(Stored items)
========================================

//! The headline's claims about the marks and the rounds of a run, tried field by field.
#![tactic(auto)]

mod laws;

pub use laws::{
    an_order_is_not_left_for_two_rounds, each_clock_follows, each_field_of_a_rounds_run_is_needed,
    each_field_of_marks_is_needed, each_field_of_the_operators_round_is_needed,
    fields_of_a_far_sides_round_are_needed, fields_of_a_routers_round_are_needed,
    groups_begin_behind_their_marks, marks_name_what_their_worlds_are, one_answer_follows,
    small_rounds_are_real, small_runs_have_their_marks, some_rounds_are_never_real,
};
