//! What grafts took and what their remotes heard of them, as JSON.

ghost use Rattle.std.specs.Prelude.{◌≡◌, map, IfOk};
ghost use Rattle.serde_json.specs.View.{view};
ghost use Rattle.report_json.specs.Values.{list_of};
ghost use Rattle.timeline_view.specs.Messages.{outlines_of};
ghost use Rattle.view_json.specs.Timeline.{span_json, moved_json, grafts_json};

use graft_edge::NoMemory;
use graft_steps::GraftEntry;
use lab_report::Lab;
use report_json::{graft_value, push_value};
use serde_json::{Map, Value, put};
use std::alloc::Global;
use timeline_view::{Happening, Moment, Outline, round_of, strays_of, updates_after};

/// How many rounds one event was after another, or null.
fn span_value(from: Option<usize>, to: Option<usize>) -> Value
    ensures { view result ≡ span_json from to }
{
    match (from, to) {
        (Some(from), Some(to)) => Value::from(to.saturating_sub(from)),
        _ => Value::Null,
    }
}

/// A graft, its rounds, the segments that came astray, and the UPDATEs that its remote was put.
fn moved_value(
    alloc: Global,
    lab: &Lab,
    outlines: &[Outline],
    all: &[Happening],
    graft: &GraftEntry,
) -> Result<Value, NoMemory>
    requires { outlines.now ≡ outlines_of lab.now }
    ensures { IfOk result (λ v. view v ≡ moved_json lab.now all.now graft.now) }
{
    let number = graft.graft;
    let frozen = round_of(Moment::Frozen, number, all);
    let left = round_of(Moment::Left, number, all);
    let to_freeze = span_value(round_of(Moment::Ordered, number, all), frozen);
    let to_landing = span_value(left, round_of(Moment::Landed, number, all));
    let counts = updates_after(lab, outlines, graft, all)?;
    let entry = graft_value(alloc, &lab.input, graft)?;
    let astray = Value::from(strays_of(graft, all));
    let mut map = Map::new(alloc);
    put(&mut map, alloc, "announced", Value::from(counts.announced))?;
    put(&mut map, alloc, "astray", astray)?;
    put(&mut map, alloc, "frozen", span_value(frozen, left))?;
    put(&mut map, alloc, "graft", entry)?;
    put(&mut map, alloc, "to_freeze", to_freeze)?;
    put(&mut map, alloc, "to_landing", to_landing)?;
    put(&mut map, alloc, "updates", Value::from(counts.updates))?;
    put(&mut map, alloc, "withdrawn", Value::from(counts.withdrawn))?;
    Ok(Value::Object(map))
}

/// These grafts.
fn each_moved(
    alloc: Global,
    lab: &Lab,
    outlines: &[Outline],
    all: &[Happening],
    log: &[GraftEntry],
) -> Result<Value, NoMemory>
    requires { outlines.now ≡ outlines_of lab.now }
    ensures { IfOk result (λ v. view v ≡ list_of (map (moved_json lab.now all.now) log.now)) }
{
    let mut list = Vec::with_capacity(alloc, log.len())?;
    for graft in log {
        push_value(&mut list, moved_value(alloc, lab, outlines, all, graft)?)?;
    }
    Ok(Value::Array(list))
}

/// All grafts, in the order of the log.
pub(crate) fn grafts_value(
    alloc: Global,
    lab: &Lab,
    outlines: &[Outline],
    all: &[Happening],
) -> Result<Value, NoMemory>
    requires { outlines.now ≡ outlines_of lab.now }
    ensures { IfOk result (λ v. view v ≡ grafts_json lab.now all.now) }
{
    each_moved(alloc, lab, outlines, all, lab.log.as_slice())
}
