//! What a run tells.

ghost use Rattle.lab_run.specs.Runs.{LabsTellOfRuns};

use bounded_moves::moves_are_bounded;
use even_inputs::settled_worlds_are_the_solution;
use forward_laws::solved_walks;
use graft_laws::{
    always_made_before_broken, always_transparent, always_unchanged, emptied_routers_are_left,
    evacuations_go_by_plan, quiet_solves,
};
use one_answer::settled_runs_have_one_answer;
use real_rounds::rounds_are_real;
use run_clocks::journals_are_clocked;
use silent_rounds::silent_worlds_are_quiet;
use sure_results::sure_laboratories_have_results;
use world_nodes::the_way_is_a_run;
use world_runs::{marks_stand_for_one_world, runs_are_transparent};

/// Whatever way the net of an accepted input's laboratory went to its end: a lab that tells of that end has the journal of a run of the world, and is
/// what is seen of the run's last world. In the journal each clock is one above the greater of its actor's last one and the stamp of what is taken, and
/// that of a group's beginning is one above all before it. One world stands at each mark, from the first world to the run's last one, and from each to
/// the next one leads a round in which every actor did what was asked of it; the marks name of their worlds how the run went on. Along the journal, and
/// along the rounds one after another, each peering is transparent; a refused graft changed no session, and a landing was made before its source's
/// routes went; and each evacuate step gave by the plan. Where eight rounds behind a mark have no event, nothing was left to do at it; and a session
/// that is frozen has landed or come back four rounds later, where few items are in its source's channels. Where the run is settled, its last world is
/// quiet and solves the decision equations; where no session has a timer and the input's MEDs are even, tables and sessions are those that the laboratory
/// has for the places by the log; where those left at the end are, they are those of every settled run with that log; where the laboratory is sure, the
/// log has what the script says; a packet meets at most two routers and leaves where the session of its peering belongs, and what evacuate steps gave is
/// where they gave it or was refused.
pub(crate) fn labs_tell_of_runs()
    ensures { LabsTellOfRuns }
{
    the_way_is_a_run();
    runs_are_transparent();
    always_unchanged();
    always_made_before_broken();
    quiet_solves();
    always_transparent();
    solved_walks();
    evacuations_go_by_plan();
    emptied_routers_are_left();
    marks_stand_for_one_world();
    rounds_are_real();
    journals_are_clocked();
    silent_worlds_are_quiet();
    moves_are_bounded();
    settled_worlds_are_the_solution();
    settled_runs_have_one_answer();
    sure_laboratories_have_results();
}
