use crate::geometry::Point;

/// One step of a drawing, with the points that it names.
#[derive(Clone, Copy, PartialEq)]
pub enum Command {
    /// Begins a new subpath at the point.
    MoveTo(Point),
    /// A straight line from the previous point to this one.
    LineTo(Point),
    /// A cubic curve from the previous point, with two control points, to the last one.
    CurveTo(Point, Point, Point),
    /// A quadratic curve from the previous point, with one control point, to the last one.
    QuadTo(Point, Point),
    /// A straight line back to the start of the subpath.
    Close,
}
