ghost use Rattle.std.specs.Prelude.{◌≡◌};
ghost use Rattle.path.specs.Vectors.{vector, sum, difference, multiple, dot_product, length_of, normalized, near, near_by, normal_of};

use numbers::sqrt;

/// A vector of the plane, in f32.
#[derive(Clone, Copy, PartialEq)]
pub struct Vector {
    pub x: f32,
    pub y: f32,
}

/// A point of the plane.
pub type Point = Vector;

impl Vector {
    pub fn new(x: f32, y: f32) -> Vector
        ensures { result ≡ vector x y }
    {
        Vector { x, y }
    }

    pub fn length(self) -> f32
        ensures { result ≡ length_of self }
    {
        sqrt(self.x * self.x + self.y * self.y)
    }

    pub fn dot(self, other: Vector) -> f32
        ensures { result ≡ dot_product self other }
    {
        self.x * other.x + self.y * other.y
    }

    /// The vector of length 1 in this direction; zero for a vector of length 0.
    pub fn normalize(self) -> Vector
        ensures { result ≡ normalized self }
    {
        let length = self.length();
        if length == 0.0 {
            return Vector::new(0.0, 0.0);
        }
        let inverse = 1.0 / length;
        Vector::new(self.x * inverse, self.y * inverse)
    }

    /// Whether both differences are below the smallest step from 1 up.
    pub fn nearly_eq(self, other: Vector) -> bool
        ensures { result ≡ near self other }
    {
        self.nearly_eq_by(other, f32::EPSILON)
    }

    pub fn nearly_eq_by(self, other: Vector, epsilon: f32) -> bool
        ensures { result ≡ near_by self other epsilon }
    {
        (self.x - other.x).abs() < epsilon && (self.y - other.y).abs() < epsilon
    }

    pub fn add(self, other: Vector) -> Vector
        ensures { result ≡ sum self other }
    {
        Vector::new(self.x + other.x, self.y + other.y)
    }

    pub fn sub(self, other: Vector) -> Vector
        ensures { result ≡ difference self other }
    {
        Vector::new(self.x - other.x, self.y - other.y)
    }

    pub fn mul(self, factor: f32) -> Vector
        ensures { result ≡ multiple self factor }
    {
        Vector::new(self.x * factor, self.y * factor)
    }
}

/// The unit normal of the line from start to end, on its right-hand side where y points up.
pub fn normal(start: Vector, end: Vector) -> Vector
    ensures { result ≡ normal_of start end }
{
    Vector::new(end.y - start.y, -(end.x - start.x)).normalize()
}
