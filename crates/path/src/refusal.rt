ghost use Rattle.std.specs.Prelude.{◌≡◌};
ghost use Rattle.path.specs.Refusals.{number_of};
ghost use Rattle.path.specs.declared.refusal.Reason.TheVariants as reason_is;

use crate::style;

/// Why a call was refused. Each reason has a fixed number.
#[derive(Clone, Copy, PartialEq, Eq)]
pub enum Reason {
    /// There are more than 4,096 commands.
    TooManyCommands = 1,
    /// A coordinate does not lie from -1,048,576 to 1,048,576.
    CoordinateOutOfRange = 2,
    /// The width is above 4,096.
    WidthTooLarge = 3,
    /// There are more than 32 dashes.
    TooManyDashes = 4,
    /// The step budget is above 65,536.
    BudgetTooLarge = 5,
    /// The storage does not take another segment.
    StorageFull = 6,
    /// As many dash steps were taken as the budget allows.
    StepsSpent = 7,
    /// The sink does not take the command.
    SinkRefused = 8,
    /// A radius of the arc is 0.
    ZeroRadius = 9,
    /// A job's letter is none of the format's.
    UnknownLetter = 10,
    /// The job ends before the letter's operands do.
    MissingOperands = 11,
    /// A join or cap byte is above 2.
    UnknownShape = 12,
    /// The list that the item belongs to has no place left.
    ListFull = 13,
}

impl From<Reason> for u8 {
    ghost from_gives = { λ reason n. n ≡ number_of reason };

    fn from(reason: Reason) -> u8 {
        reason as u8
    }
}

impl From<style::UnknownShape> for Reason {
    ghost from_gives = { λ _ r. r ≡ reason_is.UnknownShape };

    fn from(_: style::UnknownShape) -> Reason {
        Reason::UnknownShape
    }
}

/// What a refused call answers: why, where, and how many commands its sink took before.
#[derive(Clone, Copy, PartialEq, Eq)]
pub struct Refusal {
    pub reason: Reason,
    pub place: usize,
    pub sent: u64,
}
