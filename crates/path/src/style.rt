ghost use Rattle.std.specs.Prelude.{◌≡◌};
ghost use Rattle.path.specs.Styles.{plain, join_number, cap_number, joins, caps, shape_at};

/// How two segments of a stroke are connected.
#[derive(Clone, Copy, PartialEq, Eq)]
pub enum Join {
    /// A straight line.
    Bevel = 0,
    /// Both sides go on to where they meet.
    Miter = 1,
    /// An arc.
    Round = 2,
}

impl From<Join> for u8 {
    ghost from_gives = { λ join n. n ≡ join_number join };

    fn from(join: Join) -> u8 {
        join as u8
    }
}

// `TryFrom` asks for an impl for each type; a table of both would be a list to index.
impl TryFrom<u8> for Join {
    type Error = UnknownShape;

    ghost try_from_gives = { λ n r. r ≡ shape_at joins n };

    fn try_from(number: u8) -> Result<Join, UnknownShape> {
        match number {
            0 => Ok(Join::Bevel),
            1 => Ok(Join::Miter),
            2 => Ok(Join::Round),
            _ => Err(UnknownShape(number)),
        }
    }
}

/// The shape at the beginning or the end of a stroke.
#[derive(Clone, Copy, PartialEq, Eq)]
pub enum Cap {
    /// Flat, at the end itself.
    Butt = 0,
    /// A square, half the width beyond the end.
    Square = 1,
    /// Half a circle about the end.
    Round = 2,
}

impl From<Cap> for u8 {
    ghost from_gives = { λ shape n. n ≡ cap_number shape };

    fn from(shape: Cap) -> u8 {
        shape as u8
    }
}

impl TryFrom<u8> for Cap {
    type Error = UnknownShape;

    ghost try_from_gives = { λ n r. r ≡ shape_at caps n };

    fn try_from(number: u8) -> Result<Cap, UnknownShape> {
        match number {
            0 => Ok(Cap::Butt),
            1 => Ok(Cap::Square),
            2 => Ok(Cap::Round),
            _ => Err(UnknownShape(number)),
        }
    }
}

/// A number that tells no join or cap.
#[derive(Clone, Copy, PartialEq, Eq)]
pub struct UnknownShape(pub u8);

/// How a path is stroked. Its dashes are passed beside it.
#[derive(Clone, Copy, PartialEq)]
pub struct Stroke {
    pub width: f32,
    pub join: Join,
    /// Past this ratio of a miter's length to the width it is drawn as a bevel.
    pub miter_limit: f32,
    pub start_cap: Cap,
    pub end_cap: Cap,
    /// Where in the dashes the stroke begins.
    pub offset: f32,
}

// Written out, since the values are not the defaults of their types.
impl Default for Stroke {
    ghost is_default = { λ s. s ≡ plain };

    fn default() -> Stroke {
        Stroke {
            width: 1.0,
            join: Join::Miter,
            miter_limit: 4.0,
            start_cap: Cap::Butt,
            end_cap: Cap::Butt,
            offset: 0.0,
        }
    }
}
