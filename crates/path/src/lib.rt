//! The types that a drawing and a stroke are made of.
#![tactic(auto)]

pub mod command;
pub mod geometry;
pub mod refusal;
pub mod style;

========================================

→ **Task to carry out**: Look above for the line holding "take another segment." and the line holding "λ reason n.", then output exactly those two lines and every line between them, nothing more.

→ **Response area**:
    /// The storage does not take another segment.
    StorageFull = 6,
    /// As many dash steps were taken as the budget allows.
    StepsSpent = 7,
    /// The sink does not take the command.
    SinkRefused = 8,
    /// A radius of the arc is 0.
    ZeroRadius = 9,
    /// A job's letter is none of the format's.
    UnknownLetter = 10,
    /// The job ends before the letter's operands do.
    MissingOperands = 11,
    /// A join or cap byte is above 2.
    UnknownShape = 12,
    /// The list that the item belongs to has no place left.
    ListFull = 13,
}

impl From<Reason> for u8 {
    ghost from_gives = { λ reason n. n ≡ number_of reason };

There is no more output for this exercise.